I'm currently learning Intel x86 Assembly, and I've run into a problem while trying to construct a simple loop, which loops 10 times. It's supposed to stop after the 10 loops, but it keeps going on and on, forever.
This is the code that I am using:
section .data
msg db "Hello, World!", 0x0a
len equ $-msg
section .text
global _start
_start:
mov cx, 10 ; loop counter
_loop_start:
mov ebx, 0x01
mov ecx, msg
mov edx, len
mov eax, 0x04
int 0x80
dec cx
cmp cx, 0
jge _loop_start
_done:
mov ebx, 0x00
mov eax, 0x01
int 0x80
Before attempting to write this code, I looked at this tutorial for doing simple arithmetic.
I compile it like so:
nasm -f elf64 test.s -o test.o
And link like this:
ld -s -o test_exec test.o
Thanks in advance, Anickyan
If the "overwriting"-problem is solved and if we are begining with a counter of 10 for decreasing the counter each circuit and if we branch if the value of the counter is greater or equal than 0, then we become a looping of 11 times.
Alternativly we can also use the zeroflag to branch (if the zeroflag is not set):
The "dec" instruction already involve the flag register, so we do not need the "cmp"-instruction, if we want to check if a value was decreasing to zero.
Dirk
cx is the lower 16 bit portion of ecx.

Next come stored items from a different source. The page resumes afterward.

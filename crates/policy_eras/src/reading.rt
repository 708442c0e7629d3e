//! The policy that a payload spells, read where it stands, without memory.

ghost use Rattle.std.specs.Prelude.{◌≡◌, ◌≤◌, IfSome, List, Some, None};
ghost use Rattle.byte_grammar.specs.Reading.{Gives};
ghost use Rattle.tuple_bytes.specs.HeaderBytes.{small_at};
ghost use Rattle.tuple_bytes.specs.Items.{item_by, item_of};
ghost use Rattle.digest_model.specs.Layout.{Policy};
ghost use Rattle.policy_eras.specs.Policy.{as_item, with_payload};

use crate::era::Era;
use byte_grammar::{byte_of, u32_of};
use tuple_bytes::{MAX_ALGORITHMS, MAX_EXPONENT};

/// One byte, up to the limit.
#[tactic(auto, unfolding(tuple_bytes::specs::HeaderBytes::small_at, byte_grammar::specs::Reading::checked))]
fn small_of(limit: u8, bytes: &[u8]) -> Option<(u8, &[u8])>
    ensures value { Gives (λ x. (x.0, x.1.now)) result (small_at limit bytes.now) }
    ensures small { IfSome result (λ x. x.0 ≤ limit) }
{
    let (number, rest) = byte_of(bytes)?;
    if number > limit {
        return None;
    }
    Some((number, rest))
}

/// The fields behind the tag of a policy: tile, granule, exponent, algorithms.
#[tactic(auto, unfolding(tuple_bytes::specs::Items::item_by, byte_grammar::specs::Reading::mapped, byte_grammar::specs::Reading::seq))]
fn fields_of(bytes: &[u8]) -> Option<(Era, &[u8])>
    ensures value { Gives (λ x. (as_item x.0, x.1.now)) result (item_by 3 bytes.now) }
    ensures small { IfSome result (λ x. x.0.k ≤ 10) }
{
    let (tile, rest) = u32_of(bytes)?;
    let (granule, rest) = u32_of(rest)?;
    let (k, rest) = small_of(MAX_EXPONENT, rest)?;
    let (algs, rest) = small_of(MAX_ALGORITHMS, rest)?;
    Some((
        Era {
            tile,
            granule,
            k,
            algs,
        },
        rest,
    ))
}

/// The policy that the payload spells; none where it spells another item, or no item.
pub(crate) fn policy_of(payload: &[u8]) -> Option<Era>
    ensures some { IfSome result (λ e. item_of payload.now ≡ Some (as_item e)) }
    ensures small { IfSome result (λ e. e.k ≤ 10) }
    ensures none { result ≡ None → (p : Policy) → with_payload p payload.now ≡ p }
{
    let (tag, rest) = byte_of(payload)?;
    if tag != 3 {
        return None;
    }
    let (era, rest) = fields_of(rest)?;
    if !rest.is_empty() {
        return None;
    }
    Some(era)
}
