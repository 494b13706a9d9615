// A row, by value.
ghost use Rattle.std.specs.Prelude.{◌≡◌};
ghost use Rattle.rows.specs.Ends.{receiver_of, sender_of, ends_of, is_free, with_receiver, with_sender, put_receiver, put_sender};

use crate::part;
use channel::{Receiver, Sender};

// Nineteen words of the receiver, then seven of the sender.
#[derive(Clone, Copy)]
pub struct Row {
    pub words: [u64; 26],
}

impl Row {
    pub const WORDS: usize = 26;

    // The places of the receiver's Session ID and limit, and of the sender's Session ID.
    pub const ID: usize = 1;

    pub const LIMIT: usize = 2;

    pub const PEER_ID: usize = 20;

    #[tactic(auto, unfolding(crate::specs::Ends::receiver_of))]
    pub fn receiver(self) -> Receiver
        ensures { result ≡ receiver_of self.words }
    {
        let w = self.words;
        Receiver {
            setting: part::setting_of(w[0], w[1], w[2]),
            count: part::count_of(w[3]),
            current: part::key_of(w[4], w[5], w[6], [w[7], w[8], w[9], w[10]]),
            held: w[11] % 2 == 1,
            old: part::key_of(w[12], w[13], w[14], [w[15], w[16], w[17], w[18]]),
        }
    }

    #[tactic(auto, unfolding(crate::specs::Ends::sender_of))]
    pub fn sender(self) -> Sender
        ensures { result ≡ sender_of self.words }
    {
        let w = self.words;
        Sender {
            setting: part::setting_of(w[19], w[20], w[21]),
            count: part::count_of(w[22]),
            next: w[23],
            iv: part::iv_of(w[24], w[25]),
        }
    }

    // The row with another receiver.
    pub fn with_receiver(self, receiver: Receiver) -> Row
        ensures { (result.words ≡ put_receiver self.words receiver) × (ends_of result.words ≡ with_receiver (ends_of self.words) receiver) }
    {
        let mut words = self.words;
        words[..3].copy_from_slice(&part::setting_words(receiver.setting));
        words[3] = u64::from(receiver.count);
        words[4..11].copy_from_slice(&part::key_words(receiver.current));
        words[11] = u64::from(receiver.held);
        words[12..19].copy_from_slice(&part::key_words(receiver.old));
        Row { words }
    }

    // The row with another sender.
    pub fn with_sender(self, sender: Sender) -> Row
        ensures { (result.words ≡ put_sender self.words sender) × (ends_of result.words ≡ with_sender (ends_of self.words) sender) }
    {
        let mut words = self.words;
        words[19..22].copy_from_slice(&part::setting_words(sender.setting));
        words[22] = u64::from(sender.count);
        words[23] = sender.next;
        words[24..].copy_from_slice(&part::iv_words(sender.iv));
        Row { words }
    }

    // Whether it is all zeros, but for what padding holds. A row in use has a limit, so one look mostly tells.
    #[tactic(auto, unfolding(crate::specs::Ends::is_free, crate::specs::Ends::receiver_of, crate::specs::Ends::sender_of, channel::specs::Receiver::is_zero_receiver, channel::specs::Sender::is_zero_sender))]
    pub fn is_free(self) -> bool
        ensures { result ≡ is_free (ends_of self.words) }
    {
        let w = self.words;
        if w[2] != 0 {
            return false;
        }
        let receiver = part::is_zero_setting(w[0], w[1], w[2])
            & (part::count_of(w[3]) == 0)
            & part::is_zero_key(w[4], w[5], w[6], [w[7], w[8], w[9], w[10]])
            & (w[11] % 2 != 1)
            & part::is_zero_key(w[12], w[13], w[14], [w[15], w[16], w[17], w[18]]);
        let sender = part::is_zero_setting(w[19], w[20], w[21])
            & (part::count_of(w[22]) == 0)
            & (w[23] == 0)
            & part::is_zero_iv(w[24], w[25]);
        receiver & sender
    }
}
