// A row of the controller's table: the words that it lies in, and the two ends that they are.
#![tactic(auto)]

mod part;
mod row;

pub use row::Row;
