// The parts of an end and their words. A word is cut to what its field holds: the bits above are
// padding.
ghost use Rattle.std.specs.Prelude.{◌≡◌, get_or};
ghost use Rattle.octets.specs.Fields.{blank};
ghost use Rattle.record.specs.Setting.{is_zero_setting};
ghost use Rattle.channel.specs.Key.{is_zero_key};
ghost use Rattle.rows.specs.Part.{setting_of, count_of, iv_of, four_at, key_of, setting_words, iv_words, key_words};

use channel::Key;
use numbers::{Marks, Window};
use record::Setting;

// What two bytes hold is below this.
const PAIR: u64 = 65536;

// What half a word holds is below this.
const HALF: u64 = 4294967296;

// What six bytes hold is below this.
const SIX: u64 = 281474976710656;

// The mode, the layout, the MAC's length, the profile and the width share a word. The width by its
// quotient: put together from two bytes, the word was spilled, and writing it back took 6 ns more.
pub(crate) fn setting_of(head: u64, session: u64, limit: u64) -> Setting
    ensures { result ≡ setting_of head session limit }
{
    let b = head.to_le_bytes();
    Setting {
        mode: b[0],
        layout: b[1],
        mac: b[2],
        profile: b[3],
        width: (head / HALF % PAIR) as u16,
        session: (session % HALF) as u32,
        limit,
    }
}

pub(crate) fn count_of(count: u64) -> u32
    ensures { result ≡ count_of count }
{
    (count % HALF) as u32
}

// The IV whose first eight bytes are one word, and whose last four another.
pub(crate) fn iv_of(head: u64, tail: u64) -> [u8; 12]
    ensures { result ≡ iv_of head tail }
{
    let mut iv = [0; 12];
    iv[..8].copy_from_slice(&head.to_le_bytes());
    iv[8..].copy_from_slice(&tail.to_le_bytes()[..4]);
    iv
}

pub(crate) fn key_of(head: u64, tail: u64, next: u64, words: [u64; 4]) -> Key
    ensures { result ≡ key_of head tail next words }
{
    Key {
        iv: iv_of(head, tail),
        window: Window {
            next,
            marks: Marks { words },
        },
    }
}

// Here and below: whether a part is all zeros, seen at its words. To make it and ask `==` took three times as long.
#[tactic(auto, using(crate::proofs::Zeros::zero_setting_test))]
pub(crate) fn is_zero_setting(head: u64, session: u64, limit: u64) -> bool
    ensures { result ≡ is_zero_setting (setting_of head session limit) }
{
    (head % SIX == 0) & (session % HALF == 0) & (limit == 0)
}

#[tactic(auto, using(crate::proofs::Zeros::zero_iv_test))]
pub(crate) fn is_zero_iv(head: u64, tail: u64) -> bool
    ensures { result ≡ blank 12 (iv_of head tail) }
{
    (head == 0) & (tail % HALF == 0)
}

#[tactic(auto, unfolding(channel::specs::Key::is_zero_key))]
pub(crate) fn is_zero_key(head: u64, tail: u64, next: u64, words: [u64; 4]) -> bool
    ensures { result ≡ is_zero_key (key_of head tail next words) }
{
    let window = Window {
        next,
        marks: Marks { words },
    };
    is_zero_iv(head, tail) & window.is_empty()
}

// Here and below: the words written, and that they are read back as what was written.
pub(crate) fn setting_words(setting: Setting) -> [u64; 3]
    ensures { (result ≡ setting_words setting) × (setting_of (get_or result 0 0) (get_or result 1 0) (get_or result 2 0) ≡ setting) }
{
    let width = setting.width.to_le_bytes();
    let head = u64::from_le_bytes([
        setting.mode,
        setting.layout,
        setting.mac,
        setting.profile,
        width[0],
        width[1],
        0,
        0,
    ]);
    [head, u64::from(setting.session), setting.limit]
}

pub(crate) fn iv_words(iv: [u8; 12]) -> [u64; 2]
    ensures { (result ≡ iv_words iv) × (iv_of (get_or result 0 0) (get_or result 1 0) ≡ iv) }
{
    let head = u64::from_le_bytes([iv[0], iv[1], iv[2], iv[3], iv[4], iv[5], iv[6], iv[7]]);
    let tail = u32::from_le_bytes([iv[8], iv[9], iv[10], iv[11]]);
    [head, u64::from(tail)]
}

pub(crate) fn key_words(key: Key) -> [u64; 7]
    ensures { (result ≡ key_words key) × (key_of (get_or result 0 0) (get_or result 1 0) (get_or result 2 0) (four_at result 3) ≡ key) }
{
    let iv = key.iv;
    let w = iv_words(iv);
    let m = key.window.marks.words;
    [w[0], w[1], key.window.next, m[0], m[1], m[2], m[3]]
}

Your code suggest that you may think that your loop will run 10 times (you set cx to 10 before the loop). But then you overwrite the value with the address of msg with
mov ecx, msg
. So you'll start to count down to 0 from the lower 16 bit of that number. But the decrement doesn't even have an effect since during the next iteration you overwrite the ecx again with the msg's address. And the loop start again. It's an infinite loop. Did you check the software in debugger? That can help a lot.